По высокой травинке у входа в шалаш взбиралась вверх божья коровка. Лезла упорно, бесстрашно… Старики загляделись на нее. Коровка долезла до самого верха, покачалась на макушке, расправила крылышки и полетела как-то боком над травами.
— Вот и прожили мы свою жизнь, — негромко сказал городской старик. Анисим вздрогнул: до странного показалась знакомой эта фраза. Не фраза сама, а то, как она была сказана: так говорил отец, когда задумывался, — с еле уловимой усмешкой, с легким удивлением. Дальше он еще сказал бы: «Мать твою так-то». Ласково.
— Не грустно, земляк?
— Грусти не грусти — што толку?
— Што-то должно помогать человеку в такое время?
— У тебя болит, што ль, чего?
— Душа. Немного. Жалко… не нажился, не устал. Не готов, так сказать.
— Хэх!.. Да разве ж когда наживесся? Кому охота в ее, матушку, ложиться.
— Есть же самоубийцы…
— Это хворые. Бывает: надорвется человек, с виду вроде ничего ишо, а снутри не жилец. Пристал.
— И не додумал чего-то… А сам понимаю, глупо: что отпущено было, давно все додумал. — Городской помолчал. — Жалко покоя вот этого… Суетился много. Но место надо уступать. А?
— А так бы и пристроился где-нибудь, чтоб и забыли про тебя, и так бы лет двести! А? — Старик засмеялся весело. Что-то опять до беспокойства знакомое проскользнуло в нем — в смехе. — Чтоб так и осталось все. А?
— Надоест, поди.
— Да вот все никак не надоест!
— А ты зараньше не думай про ее — не будешь страшиться. А придет — ну придет… Сколько там похвораешь! В неделю люди сворачиваются.
— Да.
— Ты вот вперед загадываешь, а я беспречь назад оглядываюсь — тоже плохо. Расстройство одно.
— Вспоминаешь?
— Но.
— Это хорошо.
— Хорошо, а все душу тревожишь. Зачем?
— Нет, это хорошо. Что же вспоминается? Детство?
— Больше — детство.
— Расскажи чего-нибудь! Хулиганили?
— Брат у меня был, Гринька, — тот прокуда был. — Анисим улыбнулся, вспомнив. — Откуда чево бралось!.. И на войне-то, наверно, вперед других выскочил…

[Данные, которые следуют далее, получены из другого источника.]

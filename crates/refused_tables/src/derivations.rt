//! How a start rule derives itself, by names.

ghost use Rattle.std.specs.Prelude.{◌≡◌, ◌++◌, ◌∷◌, [], cond, drop, ltb, IfOk, OnOk};
ghost use Rattle.std.specs.List.{flat_map};
ghost use Rattle.std.specs.String.{string_bytes};
ghost use Rattle.cfg_theory.specs.Grammar.{body_of};
ghost use Rattle.cfg_numbered.specs.Symbols.{syms_of};
ghost use Rattle.refused_tables.specs.Derivations.{arrow, derivation_text, forms_to};

use cfg_base::index::IndexStorage;
use cfg_base::symbol::{PIdx, SIdx, Symbol};
use grammar_names::{Grammar, prod_body, push_symbols};
use std::alloc::{AllocError, Global};

/// Adds an arrow and a form.
fn push_form(text: &mut String, grm: &Grammar, form: &[Symbol<u32>]) -> Result<(), AllocError>
    ensures { OnOk result (string_bytes text.new ≡ string_bytes text.old ++ arrow grm.now (syms_of (λ n. n) form.now)) }
{
    text.push_str(" ⇒")?;
    push_symbols(text, grm, form)
}

/// Returns a form with the symbols of a production in the place of the first one.
fn next_form(
    alloc: Global,
    grm: &Grammar,
    form: &[Symbol<u32>],
    pidx: PIdx<u32>,
) -> Result<Vec<Symbol<u32>>, AllocError>
    ensures { IfOk result (λ f. syms_of (λ n. n) f.items ≡ body_of grm.now.grammar pidx.0 ++ drop 1 (syms_of (λ n. n) form.now)) }
{
    let mut next = Vec::from_slice(alloc, prod_body(grm, pidx))?;
    let (_, rest) = form.split_at(form.len().min(1));
    next.extend_from_slice(rest)?;
    Ok(next)
}

/// Adds the start's own symbols behind a longer form.
fn push_start_if(text: &mut String, grm: &Grammar, len: usize) -> Result<(), AllocError>
    ensures { OnOk result (string_bytes text.new ≡ string_bytes text.old ++ flat_map (arrow grm.now) (cond (ltb 1 len) (body_of grm.now.grammar grm.now.grammar.start ∷ []) [])) }
{
    if len > 1 {
        return push_form(text, grm, prod_body(grm, grm.start_prod()));
    }
    Ok(())
}

/// Adds the forms behind one of a derivation.
fn push_forms(
    alloc: Global,
    text: &mut String,
    grm: &Grammar,
    first: &[Symbol<u32>],
    opened: &[(PIdx<u32>, SIdx<u32>)],
) -> Result<(), AllocError>
    ensures { OnOk result (string_bytes text.new ≡ string_bytes text.old ++ flat_map (arrow grm.now) (forms_to grm.now.grammar (syms_of (λ n. n) first.now) opened.now)) }
{
    let mut form = Vec::from_slice(alloc, first)?;
    'items: for index in 0..opened.len() {
        let (pidx, dot) = opened[index];
        form = next_form(alloc, grm, form.as_slice(), pidx)?;
        push_form(text, grm, form.as_slice())?;
        if dot.0.to_usize() > 0 {
            return push_start_if(text, grm, form.len());
        }
    }
    Ok(())
}

/// Adds the forms from the start rule to one that begins with it again, and that rule alone where more stands behind it,
/// which vanishes. The spine begins with the start production, and has dots in front up to that form.
pub fn push_derivation(
    alloc: Global,
    text: &mut String,
    grm: &Grammar,
    spine: &[(PIdx<u32>, SIdx<u32>)],
) -> Result<(), AllocError>
    ensures { OnOk result (string_bytes text.new ≡ string_bytes text.old ++ derivation_text grm.now spine.now) }
{
    let start = prod_body(grm, grm.start_prod());
    push_symbols(text, grm, start)?;
    let (_, opened) = spine.split_at(spine.len().min(1));
    push_forms(alloc, text, grm, start, opened)
}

— Что же он вытворял? — живо заинтересовался городской старик. — Расскажи-ка… Пожалуйста, пока отдыхаешь.
— Хэх!.. — Анисим покачал головой, долго молчал. — Шельма был… Один раз поймал нас у себя в огороде сосед наш, Егор Чалышев, ну, выпорол. За дело, конечно: не пакости. Арбузишки-то зеленые ишо, мы их больше портили, чем ели. Ночью-то не видно: об коленку ево — куснешь, зеленый — в сторону. Да. Выпорол с сердцем. Потом ишо отец добавил. Гриньку злость взяла. И чево придумал: взял пузырь свинячий — свинью тогда как раз резали, — растер ево в золе… Знаешь, как пузыри-то делают?
— Знаю.
— Вот. Высушил, надул, нарисовал на ем морду страшенную… Анисим засмеялся. — Где он такую харю видал?.. Ну, дождались мы ночи, подкрались тихонько к Егору на крыльцо, привязали за веревочку к верхнему косяку пузырь тот… Утром Егор открыл дверь-то — и на улицу выходит, — а ему прям в лицо харя-то эта глянула… Мужик чуть в штаны не наворотил. Захлопнул дверь, да в избу. Да давай в трубу орать: «Караул! У меня черт на крыльце!»
Городской старик громко захохотал. До слез досмеялся…
— Трухнул мужичок. А? Ха-ха!..
— Да, так Егора потом и звали: «Егорка, черт на крыльце».
А раз-мы уж побольше были — на покосе тоже… Миколай Рогодин — хитрый был мужик, охотник до чужого — и говорит вечером: «Гринька, — говорит, — подседлай какого-нибудь коня, хошь моева, дуй в деревню, насшибай кур у кого-нибудь. Курятинки охота». Гринька недолго думая подседлал коня — и в деревню. Через недолго время привозит пяток кур с открученными головами. Мы все радешеньки. Заварили их тут же… Ну и умели в охотку. А Миколай ел да прихваливал: молодец, мол, Гринька! А Гринька ему: «Ешь, дядя Миколай! Ешь, как своих».
Оба старика от души посмеялись. Городской закурил.
— Поматерился же он потом!.. А што сделаешь — сам послал.
— Да… — Городской старик вытер глаза. Задумался.
Долго молчали, думая каждый свое. А жизнь за шалашом все звенела, накалялась, все отрешеннее и непостижимее обнажала свою красу под солнцем.